What Tigerchild said.
BTW, the term for a male nanny (qualified childcare professional) is nanny, a male au pair is an au pair, a male mothers helper is a mothers helper. The three roles are different.
We have a very positive role-model in my boys lives- works at their kids club, has 20 years experience in childcare (he was involved in the early days of the adventure playground movement, amongst other things) and is one of those people who has a talent for getting on with children and being available to them- I know he's helped my youngest deal with some of his emotions around starting school just by listening to him when I wasn't there. He's also our (very occasional) babysitter- we tend to take the boys with us when we go somewhere, and I trust him with my children both on a one-on-one basis and in a group setting.
Is the agency giving you the opportunity to interview more than one candidate?


----------



## Willowrose (Jan 24, 2005)

Quote:

I find it odd that a man would even want a job as a nanny (flame suits on)
Well, to my knowledge, there are _male_ teachers in the schools. Some men enjoy working with kids.
I would probably be much more cautious with a woman. Either way, I'd get a nanny cam. I would have no problems with the nanny being a male. For every sexual abuse case you hear about commited by a man, there are shaken baby and physical abuse cases commited by women. Statistics wouldn't scare me into making a choice. I would go with my gut. Mothers instinct goes a long way.


----------



## Datura (Mar 18, 2005)

Well, I was abused by a female babysitter, so I guess everyone is a suspect.

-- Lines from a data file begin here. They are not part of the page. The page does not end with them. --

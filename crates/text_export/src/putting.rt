// The list of a card, put into an output part by part.
ghost use Rattle.std.specs.Prelude.{◌≡◌, true, ◌++◌, map, ◌+◌, ◌≤◌, ◌<◌, length};
ghost use Rattle.base_answers.specs.Answer.{given};
ghost use Rattle.base_letters.specs.Letters.{letter_of};
ghost use Rattle.card_entries.specs.Fault.{most_length};
ghost use Rattle.build_sequence.specs.Build.{letters_of};
ghost use Rattle.card_entries.specs.Bounds.{most_entries};
ghost use Rattle.card_reader.specs.Fetching.{admission};
ghost use Rattle.base_text.specs.Text.{decimal};
ghost use Rattle.base_text.specs.Putting.{Put};
ghost use Rattle.text_probes.specs.Line.{listed_text, line_text, is_small};
ghost use Rattle.text_export.specs.Exporting.{listed_for, line_for, list_of};

use card_entries::{Format, Slot};
use text_probes::line::Marked;

// How many codes there are.
const CODES: u32 = 4;

// Two numbers, with a mark between them.
fn put_both(out: &mut [u8], at: usize, p: u16, mark: &[u8], q: u16) -> usize
    requires { at + length (decimal p ++ (mark.now ++ decimal q)) ≤ length out.old }
    ensures { Put (decimal p ++ (mark.now ++ decimal q)) at out.old result out.new }
{
    let mark_at = base_text::put_digits(out, at, usize::from(p));
    let q_at = base_text::put_text(out, mark_at, mark);
    base_text::put_digits(out, q_at, usize::from(q))
}

// What is listed.
fn put_listed(out: &mut [u8], at: usize, listed: Marked) -> usize
    requires { at + length (listed_text listed) ≤ length out.old }
    ensures { Put (listed_text listed) at out.old result out.new }
{
    match listed {
        Marked::Bare(p) => base_text::put_digits(out, at, usize::from(p)),
        Marked::Two(p, q) => put_both(out, at, p, b",", q),
        Marked::Run(p, q) => put_both(out, at, p, b"-", q),
    }
}

// The letters of a word, from the last to the first.
fn put_word(out: &mut [u8], at: usize, l: usize, word: u32) -> usize
    requires { (0 < l) × (l ≤ most_length) × (at + l ≤ length out.old) }
    ensures { Put (map letter_of (letters_of l word)) at out.old result out.new }
{
    let end = at + l;
    let mut v = word;
    for i in (at..end).rev() {
        out[i] = base_letters::letter_of((v % CODES) as usize);
        v /= CODES;
    }
    end
}

// The line of an entry.
fn put_line(out: &mut [u8], at: usize, kind: usize, l: usize, s: Slot) -> usize
    requires fine { (0 < l) × (l ≤ most_length) × (is_small (listed_for kind s) ≡ true) }
    requires room { at + length (line_text (line_for kind l s)) ≤ length out.old }
    ensures { Put (line_text (line_for kind l s)) at out.old result out.new }
{
    let tab_at = put_word(out, at, l, s.word);
    let listed_at = base_text::put_text(out, tab_at, b"\t");
    let newline_at = put_listed(out, listed_at, crate::listed_for(kind, s));
    base_text::put_text(out, newline_at, b"\n")
}

// The list of an admitted card, over all of an output of just its length.
pub fn put_lines(card: &[u8], f: Format, out: &mut [u8])
    requires { (admission most_entries card.now ≡ given f) × (length out.old ≡ length (list_of card.now)) }
    ensures { out.new ≡ list_of card.now }
{
    let mut at = 0;
    for e in 0..f.m {
        at = put_line(out, at, f.kind, f.l, card_layout::slot_of(card, e));
    }
}
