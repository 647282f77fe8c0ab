// Exporting a card to a probe list: from an admitted card to its text at the start of a lent output. `export` has no `requires`: it tests
// its own input. `measuring` says how long the list is, `putting` puts it.
#![tactic(auto)]

mod measuring;
mod putting;

ghost use Rattle.std.specs.Prelude.{◌≡◌, true};
ghost use Rattle.base_answers.specs.Answer.{given, says};
ghost use Rattle.card_entries.specs.Bounds.{most_entries};
ghost use Rattle.card_reader.specs.Fetching.{admission};
ghost use Rattle.text_probes.specs.Line.{is_small};
ghost use Rattle.text_export.specs.Exporting.{listed_for, Exports};

use base_answers::Refusal;
use card_entries::{Format, Places, Slot};
use text_probes::line::Marked;

// No line of a card has more bytes: 12 letters, a tab, two numbers of at most five digits with a mark between them, and a newline.
const MOST_LINE: usize = card_entries::MOST_LENGTH + 13;
// Room for the list of every card.
pub const LIST: usize = MOST_LINE * card_entries::MOST;

// What is listed of an entry on a list of this kind.
fn listed_for(kind: usize, s: Slot) -> Marked
    requires { is_small (listed_for kind s) ≡ true }
    ensures { result ≡ listed_for kind s }
{
    match card_entries::entry_of(kind, s).places {
        Places::One(p) => Marked::Bare(p + 1),
        Places::Two(p, q) => Marked::Two(p + 1, q + 1),
        Places::Span(p, q) => Marked::Run(p + 1, q + 1),
    }
}

// Exports an admitted card.
fn export_card(card: &[u8], f: Format, out: &mut [u8]) -> Result<usize, Refusal>
    requires { admission most_entries card.now ≡ given f }
    ensures { Exports most_entries card.now out.old (says result) out.new }
{
    let n = measuring::text_length(card, f);
    if out.len() < n {
        return Err(Refusal::Room);
    }
    putting::put_lines(card, f, &mut out[..n]);
    Ok(n)
}

// The probe list of a card at the start of the output, with its length; or the refusal, and then no byte of the output differs.
pub fn export(card: &[u8], out: &mut [u8]) -> Result<usize, Refusal>
    ensures { Exports most_entries card.now out.old (says result) out.new }
{
    let f = card_reader::admit(card)?;
    export_card(card, f, out)
}
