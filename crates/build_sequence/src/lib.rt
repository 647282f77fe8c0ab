#![tactic(auto)]

// What an arrangement, a build and a verdict are: definitions and their laws, shared by both methods. No function is here.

I think it depends on the individual. I knew a really nice guy that interviewed at my old daycare, wonderful guy. But he wasn't hired because he had a penis, and the boss didn't want to deal with parents freaking out. Its so sad, and so sexist.

Just use your gut instincts.


----------



## fire_lady (Aug 24, 2005)

I think there is nothing wrong with hiring male nanny since you have two boys. We can't really trust any body for our kids safety though if we continue this we can't find any help in taking care of them. Hire a male nanny if that suits you and to be assured of your childs safety have some nanny cam and always be observant.
Good luck to you.


----------



## LunaMom (Aug 8, 2002)

Quote:


Originally Posted by *fire_lady*
I think there is nothing wrong with hiring male nanny since you have two boys.

Can you clarify this? Do you mean to say that it's okay to hire a male nanny for boys but not for girls? Men molest boys, too.

Anyway, that's not the point I wanted to make. I actually think that hiring a male nanny for boys is great as long as you trust the nanny (manny!) and feel comfortable with him. I think seeing a male in a nurturing role would have a great influence on your sons.

I don't think a nanny cam is a bad idea, but the only thing it can prove is that no abuse has taken place in front of the camera. I think you would learn more by remaining home with the nanny at first, and then popping in and out unexpectedly for a while, and then just by your child's behavior.

Of course I would check references and do a background check. Also, you may not know this, but if you have a person's name and address, you can check to see if they're on a sex offender registry. Of course, they would on;y be on a registry if they had been caught and convicted.

Gavin DeBecker's book has a great list of questions to ask babysitters and nannies. You should check it out. And yes, he does say that most sexual predators are men, but I agree with the person who said that that might be a skewed statistic because there may be a lot of women who work in childcare who abuse children and it never gets reported because the children are too young to tell, and because people rarely suspect women.

Good luck with whatever you choose!


----------



## dharmamama (Sep 19, 2004)

Go for it! I had a guy babysitter when I was a kid, and it rocked.

Namaste!


----------



## bec (Dec 13, 2002)

We're trying to get DH's little brother (he's 16 this summer) to come out and work for us next summer watching the girls. He's the best baby sitter we've had. He adores the girls and they adore him.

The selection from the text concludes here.